Management’s updated full-year guidance shows the deteriorating trajectory:
- Now projecting sales between $584 million and $592 million
- Compared to previous forecasts of $581 million to $601 million
- Meaningful reduction at midpoint signals accelerating headwinds rather than stabilization
While EverCommerce simultaneously raised its adjusted EBITDA guidance to $174.5-$179 million from the prior $171-$177 million range, this improvement reflects cost reductions and margin expansion rather than operating leverage from revenue growth.
The 60.70% gross margin shows strong unit economics when the company can acquire and retain customers, but persistent sales declines indicate fundamental problems with product-market fit, competitive positioning, or go-to-market execution that margin improvements cannot resolve.
Trading at $9.35 per share with a market cap of approximately $1.7 billion, EverCommerce illustrates the valuation destruction that inevitably befalls SaaS companies when revenue growth stalls or reverses.
The stock’s decline of roughly 16% year-to-date even before this week’s collapse suggests this represents continuation of an established downtrend rather than an isolated setback, with shares now trading near the 52-week low of $7.66 and threatening to break to new lows.

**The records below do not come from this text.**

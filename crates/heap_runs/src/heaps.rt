//! A heap that threads share, and what one client has of it.
ghost use Rattle.std.specs.Prelude.{◌≡◌};
ghost use Rattle.std.specs.Arc.{arc_value};
ghost use Rattle.heap_runs.specs.Ways.{AreLocks};

use call_plan::Desk;
use chunk_table::ChunkTable;
use heap_shared::ArenaTurns;
use hook_api::AskSeat;
use std::alloc::Global;
use std::sync::Arc;
use turn_lock::{Pass, TurnLock};

/// The box that was given to each arena, by its index, where it was created.
pub(crate) type Boxes = [Option<u32>; 32];

/// 32 arenas, each under a turn lock of its own, the table of the chunks that they own, and which box was given to each that was
/// created. Threads share it by reference.
#[derive(Drop)]
pub struct SharedHeap {
    pub(crate) locks: Vec<TurnLock<ArenaTurns>>,
    pub(crate) table: Arc<ChunkTable, Global>,
    pub(crate) clients: u32,
    pub(crate) boxes: Boxes,
    ghost made: { AreLocks (arc_value table) clients locks.items },
}

/// What one client has of a heap: its desk, a pass of each arena, and its seat at the shared shelf. It has no lifetime, and may go
/// to another thread.
#[derive(Drop)]
pub struct Ctx {
    pub(crate) client: u32,
    pub(crate) desk: Desk,
    pub(crate) passes: Vec<Pass<ArenaTurns>>,
    pub(crate) seat: AskSeat,
}

impl Ctx {
    /// The client's number.
    pub fn client(&self) -> u32
        ensures { result ≡ self.now.client }
    {
        self.client
    }

    /// What the client has.
    pub fn desk(&self) -> &Desk
        ensures { result.now ≡ self.now.desk }
    {
        &self.desk
    }
}
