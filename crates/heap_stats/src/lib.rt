//! Statistics: the counts of all arenas as they were at a moment, one number of them, and their text as JSON.
#![tactic(auto)]

mod laws;
mod reports;
mod snapshots;
mod values;

pub use laws::counts_are_small;
pub use reports::json;
pub use snapshots::{Count, Snapshot, Whose};
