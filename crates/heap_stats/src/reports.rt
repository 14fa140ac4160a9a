//! The text of the counts as JSON.

ghost use Rattle.std.specs.Prelude.{◌≡◌, string_bytes, IfOk};
ghost use Rattle.heap_stats.specs.Json.{json_text};

use crate::values::{arena_values, report_value};
use space_model::Counts;
use std::alloc::{AllocError as NoMemory, Global};

/// The counts of the live arenas as compact JSON: an object with the key `arenas`, a list of one object for each arena
/// that is there, by index, with its index and its bytes by use. A member is `None` where its arena isn't live.
#[tactic(auto, using(crate::proofs::Floats::no_float))]
pub fn json(alloc: Global, counts: &[Option<Counts>]) -> Result<String, NoMemory>
    ensures { IfOk result (λ text. string_bytes text ≡ json_text counts.now) }
{
    let arenas = arena_values(alloc, counts)?;
    let report = report_value(alloc, arenas)?;
    report.to_string(alloc)
}
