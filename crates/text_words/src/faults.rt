//! Why a word is no number.

use thiserror::Error;

/// The cause for which a word is no number: the first that holds, in the order of the variants.
#[derive(Clone, Copy, Debug, PartialEq, Eq, Error)]
pub enum NumberFault {
    /// The word isn't digits of the base, one at least. A hexadecimal one has 16 of them at most.
    #[error("no digits")]
    NotDigits,
    /// A 0 stands before another digit, or the number isn't below 2^64.
    #[error("a number of 2^64 or more, or with a leading zero")]
    NotNumeral,
}
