//! The numbers that words write.

ghost use Rattle.std.specs.Prelude.{◌≡◌, ◌+◌, ◌*◌, ◌^◌, ◌<◌, ◌≤◌, true, length};
ghost use Rattle.std.specs.Char.{digit_value, is_ascii_digit};
ghost use Rattle.std.specs.List.{list_all};
ghost use Rattle.std.specs.Option.{SomeIff};
ghost use Rattle.std.specs.Str.Parse.{AllDigits, digits_value};
ghost use Rattle.text_words.specs.Numbers.{decimal_of, has_leading_zero, hexadecimal_of, is_digit_in, number_of, numeral_below, numeral_of, value_in};

use crate::NumberFault;

/// How many decimal digits fit 64 bits, whatever they are.
const SHORT_DIGITS: usize = 19;
/// How many hexadecimal digits fit 64 bits, whatever they are.
const HEXADECIMAL_DIGITS: usize = 16;

/// The number that a word of decimal digits writes, however many they are: one below 2^64 without leading zeros.
#[tactic(auto, unfolding(crate::specs::Numbers::decimal_of), using(crate::proofs::Digits::decimals_fit))]
pub fn decimal(word: &[u8]) -> Result<u64, NumberFault>
    ensures { result ≡ decimal_of word.now }
{
    if word.len() > SHORT_DIGITS {
        long_decimal(word)
    } else {
        short_number(word, 10)
    }
}

/// The number that 1 to 16 lower-case hexadecimal digits write, without leading zeros.
#[tactic(auto, unfolding(crate::specs::Numbers::hexadecimal_of), using(crate::proofs::Digits::hexadecimals_fit))]
pub fn hexadecimal(word: &[u8]) -> Result<u64, NumberFault>
    ensures { result ≡ hexadecimal_of word.now }
{
    if word.len() > HEXADECIMAL_DIGITS {
        Err(NumberFault::NotDigits)
    } else {
        short_number(word, 16)
    }
}

/// The decimal number that a word writes, if it writes one: below 2^64, without sign and without leading zeros.
pub fn number(word: &[u8]) -> Option<u64>
    ensures { result ≡ numeral_of word.now }
{
    decimal(word).ok()
}

/// The same, where it is below a limit.
pub fn number_below(word: &[u8], limit: u64) -> Option<u64>
    ensures { result ≡ numeral_below limit word.now }
{
    let number = number(word)?;
    if number < limit { Some(number) } else { None }
}

/// The number of a word of so few digits that it fits, whatever they are.
#[inline(always)]
#[tactic(auto, unfolding(crate::specs::Numbers::number_in), using(crate::proofs::Digits::all_fit))]
fn short_number(word: &[u8], radix: u64) -> Result<u64, NumberFault>
    requires radix { 10 ≤ radix }
    requires fits { radix ^ length word.now ≤ 2 ^ 64 }
    ensures { result ≡ number_of radix word.now }
{
    if word.is_empty() {
        return Err(NumberFault::NotDigits);
    }
    let value = short_value(word, radix).ok_or(NumberFault::NotDigits)?;
    if has_leading_zero(word) {
        return Err(NumberFault::NotNumeral);
    }
    Ok(value)
}

fn has_leading_zero(digits: &[u8]) -> bool
    ensures { result ≡ has_leading_zero digits.now }
{
    digits.len() > 1 && digits[0] == b'0'
}

/// What these digits stand for, if they are digits.
#[inline(always)]
fn short_value(word: &[u8], radix: u64) -> Option<u64>
    requires radix { 10 ≤ radix }
    requires fits { radix ^ length word.now ≤ 2 ^ 64 }
    ensures { SomeIff result (list_all (is_digit_in radix) word.now ≡ true) (digits_value radix word.now) }
{
    let mut value = 0;
    for byte in word {
        value = value * radix + digit(*byte, radix)?;
    }
    Some(value)
}

/// What a digit stands for: a decimal one, or in radix 16 a lower-case hexadecimal one.
#[inline(always)]
fn digit(byte: u8, radix: u64) -> Option<u64>
    ensures { SomeIff result (is_digit_in radix byte ≡ true) (digit_value byte) }
{
    match byte {
        b'0'..=b'9' => Some(u64::from(byte - b'0')),
        b'a'..=b'f' if radix == 16 => Some(u64::from(byte - b'a') + 10),
        _ => None,
    }
}

/// A decimal number that may be too large.
#[inline(never)]
#[tactic(auto, unfolding(crate::specs::Numbers::decimal_of, crate::specs::Numbers::number_in), using(crate::proofs::Digits::decimal_digits))]
fn long_decimal(word: &[u8]) -> Result<u64, NumberFault>
    requires { 0 < length word.now }
    ensures { result ≡ decimal_of word.now }
{
    if !all_digits(word) {
        return Err(NumberFault::NotDigits);
    }
    if has_leading_zero(word) {
        return Err(NumberFault::NotNumeral);
    }
    long_value(word).ok_or(NumberFault::NotNumeral)
}

fn all_digits(word: &[u8]) -> bool
    ensures { result ≡ list_all is_ascii_digit word.now }
{
    word.iter().all(|byte| byte.is_ascii_digit())
}

fn long_value(digits: &[u8]) -> Option<u64>
    requires { AllDigits 10 digits.now }
    ensures { result ≡ value_in 10 digits.now }
{
    let mut value = 0;
    for digit in digits {
        value = with_digit(value, *digit)?;
    }
    Some(value)
}

/// The number with one more digit at its end.
fn with_digit(value: u64, digit: u8) -> Option<u64>
    requires { digit_value digit < 10 }
    ensures { SomeIff result (value * 10 + digit_value digit < 2 ^ 64) (value * 10 + digit_value digit) }
{
    let digit = (digit as char).to_digit(10)?;
    value.checked_mul(10)?.checked_add(u64::from(digit))
}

Karman Space & Defense (KRMN)
Karman Space & Defense shows how momentum stocks built on future promises rather than present profitability can collapse when quarterly results fail to justify astronomical valuations, with shares plummeting over 10% after the defense contractor missed bottom-line expectations despite beating revenue targets.
The company reported third-quarter results that disappointed:
- Earnings of just $0.06 per share versus analyst expectations for $0.11
- Revenue of $121.8 million exceeded $118.1 million consensus estimate
- Management highlighted ending quarter with record funded backlog of $758.2 million (up 30.8% from year-end 2024)
- Yet this pipeline of future work proved insufficient to prevent sell-off
The market’s harsh reaction reflects the precarious position of high-flying stocks that have enjoyed extraordinary runs based largely on narrative rather than demonstrated profitability, with Karman having soared more than 262% from its February IPO through Wednesday before Thursday’s earnings disappointment triggered the reversal.
Wall Street analysts moved swiftly to temper expectations:
- Baird raised price target to $70 from $60—still implying nearly 7% downside from previous day’s close of $74.98
- RBC Capital reduced target to $85 from $93
- Even bulls have grown more cautious about near-term trajectory
The 33.19% gross margin suggests reasonable underlying economics, but the chasm between revenue generation and bottom-line conversion raises fundamental questions about operational efficiency and whether the business model can scale profitably despite the expanding backlog.
Trading at around $71 per share with a market cap of approximately $9.4 billion, Karman carries one of the most extreme valuation multiples in public markets at 491 times trailing earnings.
This represents the type of valuation typically reserved for mature, consistently profitable technology companies with proven business models, not a recently public defense contractor still demonstrating its ability to convert backlog into sustainable earnings.
The combination of persistent earnings misses despite revenue beats, massive valuation multiples that provide no margin for error, and analyst downgrades suggesting professional investors are reassessing the risk-reward profile creates a situation where even modestly disappointing results in upcoming quarters could trigger additional substantial declines.